Quando a entrevista finalmente acontece, Sam Bot não passa de uma animação na tela de um tablet acoplado a um robô. Ainda assim, a cena resulta em um dos momentos mais fascinantes – e assustadores – do filme, com humano e IA debatendo de igual para igual, nos fazendo questionar o quão “pré-programadas” as IAs realmente são.

Em um Q&A após a exibição no SXSW, o diretor comentou que a entrevista com Sam Bot durou quase uma hora (embora no filme o segmento tenha cerca de vinte minutos) e poderia render até um filme à parte, evidenciando o avanço dos modelos de linguagem e levantando questionamentos sobre seus limites.

No fim das contas, uma das principais questões levantadas por Adam é a manipulação. Até que ponto conseguimos manipular a IA e até que ponto estamos nos deixando ser manipulados por ela, a ponto de acreditar que sabe mais ou é mais eficiente do que nós.

“Acho que comecei a acreditar na ilusão, mas só no final do filme, depois de conversar com (a jornalista) Kara Swisher e processar tudo, percebi… será que ele estava me manipulando o tempo todo? Então me dei conta de que o Sam Bot só estava repetindo minhas próprias bobagens para mim. Ele não pensa de forma independente, apenas nos diz o que queremos ouvir”, disparou Adam durante o Q&A.

Onde posso ver o filme?

Tudo isso que mencionei sobre Deepfaking Sam Altman é apenas uma parte das situações e discussões que o longa traz em uma hora e quarenta minutos. Há, por exemplo, um segmento hilário e inesperado filmado na Jamaica, que faz mais sentido do que parece. No entanto, há um problema: o filme ainda não fechou contrato de distribuição nos Estados Unidos – ou seja, não há qualquer previsão de lançamento no Brasil.

Mesmo no SXSW, o filme passou relativamente despercebido em meio à programação repleta de títulos mais mainstream.

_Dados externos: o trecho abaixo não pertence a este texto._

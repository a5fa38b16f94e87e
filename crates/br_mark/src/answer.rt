/// The answer of a console to a command.
#[derive(Drop)]
pub enum Answer {
    /// Lines to be printed, each with its end.
    Text(Vec<u8>),
    /// The dialogue ends with the marks.
    Done,
    /// The dialogue ends without them.
    Quit,
}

Em conversas com brasileiros que estavam em Austin para acompanhar as palestras de tecnologia, pouquíssimos sabiam da existência do documentário.

Ainda assim, fica o recado: se Deepfaking Sam Altman aparecer em algum streaming, não perca a chance de conferir. Talvez não mude sua visão sobre IA, pois usa o humor para levantar questões éticas sem aprofundá-las. Mas seu tom certeiro pode fazer a conversa chegar a mais pessoas – e isso, por si só, já é relevante.

P.S. – mesmo com o filme pronto, e com a exibição dele em festivais, Adam Bhala Lough ainda não conseguiu falar com o verdadeiro Sam Altman.